▸ **Your objective**
Copy nothing before the line containing "Ok(false) => return". Reproduce that line and all that follow, exactly, through the end of the records.

Saved entries:
━━━

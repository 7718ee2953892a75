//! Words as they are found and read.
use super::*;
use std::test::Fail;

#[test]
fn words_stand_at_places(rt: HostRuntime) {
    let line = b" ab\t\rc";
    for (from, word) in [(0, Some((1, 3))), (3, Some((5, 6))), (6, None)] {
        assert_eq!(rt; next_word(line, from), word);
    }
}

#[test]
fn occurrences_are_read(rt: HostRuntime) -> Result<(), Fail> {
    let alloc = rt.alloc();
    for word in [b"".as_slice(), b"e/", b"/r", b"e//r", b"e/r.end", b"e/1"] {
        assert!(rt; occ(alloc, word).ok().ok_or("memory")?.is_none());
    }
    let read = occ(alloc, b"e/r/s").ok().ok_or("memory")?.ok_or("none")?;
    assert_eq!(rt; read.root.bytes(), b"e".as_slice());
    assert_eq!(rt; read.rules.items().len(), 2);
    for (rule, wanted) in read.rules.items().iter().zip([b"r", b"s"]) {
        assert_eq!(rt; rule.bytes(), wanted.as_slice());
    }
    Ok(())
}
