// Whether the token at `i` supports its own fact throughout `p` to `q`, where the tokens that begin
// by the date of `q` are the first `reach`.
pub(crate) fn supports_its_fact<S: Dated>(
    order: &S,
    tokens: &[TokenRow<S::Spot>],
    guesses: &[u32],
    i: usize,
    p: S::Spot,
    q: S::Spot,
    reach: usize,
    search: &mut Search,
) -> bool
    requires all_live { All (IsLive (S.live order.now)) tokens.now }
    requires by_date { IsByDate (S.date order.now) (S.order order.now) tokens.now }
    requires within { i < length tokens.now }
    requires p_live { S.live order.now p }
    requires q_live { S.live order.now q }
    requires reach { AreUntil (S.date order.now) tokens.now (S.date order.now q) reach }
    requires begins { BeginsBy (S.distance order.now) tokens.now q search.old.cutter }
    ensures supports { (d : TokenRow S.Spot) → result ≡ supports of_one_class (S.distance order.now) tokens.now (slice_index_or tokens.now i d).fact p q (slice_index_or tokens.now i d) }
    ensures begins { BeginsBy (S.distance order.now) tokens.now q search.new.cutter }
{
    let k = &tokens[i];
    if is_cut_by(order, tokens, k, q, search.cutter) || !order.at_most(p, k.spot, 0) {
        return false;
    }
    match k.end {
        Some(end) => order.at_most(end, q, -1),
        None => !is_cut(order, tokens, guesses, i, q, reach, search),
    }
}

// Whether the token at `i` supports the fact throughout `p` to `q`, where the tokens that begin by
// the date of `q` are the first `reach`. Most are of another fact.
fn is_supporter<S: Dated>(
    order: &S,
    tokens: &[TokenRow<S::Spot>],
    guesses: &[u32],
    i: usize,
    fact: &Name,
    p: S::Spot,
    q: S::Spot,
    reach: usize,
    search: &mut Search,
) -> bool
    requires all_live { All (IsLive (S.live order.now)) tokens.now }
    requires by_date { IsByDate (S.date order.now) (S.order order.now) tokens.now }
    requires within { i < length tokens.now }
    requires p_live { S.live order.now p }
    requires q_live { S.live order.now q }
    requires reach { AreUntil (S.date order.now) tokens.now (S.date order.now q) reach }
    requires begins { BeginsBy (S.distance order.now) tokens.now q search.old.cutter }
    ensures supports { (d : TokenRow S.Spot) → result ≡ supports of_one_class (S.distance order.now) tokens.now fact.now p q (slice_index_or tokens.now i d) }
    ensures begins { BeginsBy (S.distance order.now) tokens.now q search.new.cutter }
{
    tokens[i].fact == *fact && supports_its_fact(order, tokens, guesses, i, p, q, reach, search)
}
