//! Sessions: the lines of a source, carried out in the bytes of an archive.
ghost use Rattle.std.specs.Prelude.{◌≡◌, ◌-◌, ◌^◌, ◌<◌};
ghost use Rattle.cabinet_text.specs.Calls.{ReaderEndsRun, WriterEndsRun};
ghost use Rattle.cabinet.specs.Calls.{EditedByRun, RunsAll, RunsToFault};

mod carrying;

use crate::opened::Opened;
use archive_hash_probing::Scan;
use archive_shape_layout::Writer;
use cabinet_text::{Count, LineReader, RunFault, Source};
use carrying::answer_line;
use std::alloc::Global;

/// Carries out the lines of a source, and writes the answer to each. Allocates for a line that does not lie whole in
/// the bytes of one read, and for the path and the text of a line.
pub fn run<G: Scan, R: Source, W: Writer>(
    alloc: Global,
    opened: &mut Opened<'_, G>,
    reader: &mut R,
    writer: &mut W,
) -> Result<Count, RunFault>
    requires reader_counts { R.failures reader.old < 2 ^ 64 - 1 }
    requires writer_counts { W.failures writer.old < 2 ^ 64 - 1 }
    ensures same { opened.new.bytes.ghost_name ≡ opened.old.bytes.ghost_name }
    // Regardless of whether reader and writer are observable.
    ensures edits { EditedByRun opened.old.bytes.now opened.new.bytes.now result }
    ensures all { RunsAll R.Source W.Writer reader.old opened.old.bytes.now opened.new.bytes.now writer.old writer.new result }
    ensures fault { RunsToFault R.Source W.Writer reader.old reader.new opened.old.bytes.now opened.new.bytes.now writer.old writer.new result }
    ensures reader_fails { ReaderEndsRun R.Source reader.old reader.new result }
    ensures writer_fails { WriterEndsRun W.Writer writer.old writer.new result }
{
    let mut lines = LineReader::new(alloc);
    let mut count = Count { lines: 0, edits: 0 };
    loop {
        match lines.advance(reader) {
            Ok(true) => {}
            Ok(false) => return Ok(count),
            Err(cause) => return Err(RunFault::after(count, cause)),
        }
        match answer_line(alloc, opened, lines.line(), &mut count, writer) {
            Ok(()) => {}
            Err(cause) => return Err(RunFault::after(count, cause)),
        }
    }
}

━━━

▸ **Exercise response**
            Ok(false) => return Ok(count),
            Err(cause) => return Err(RunFault::after(count, cause)),
        }
        match answer_line(alloc, opened, lines.line(), &mut count, writer) {
            Ok(()) => {}
            Err(cause) => return Err(RunFault::after(count, cause)),
        }
    }
}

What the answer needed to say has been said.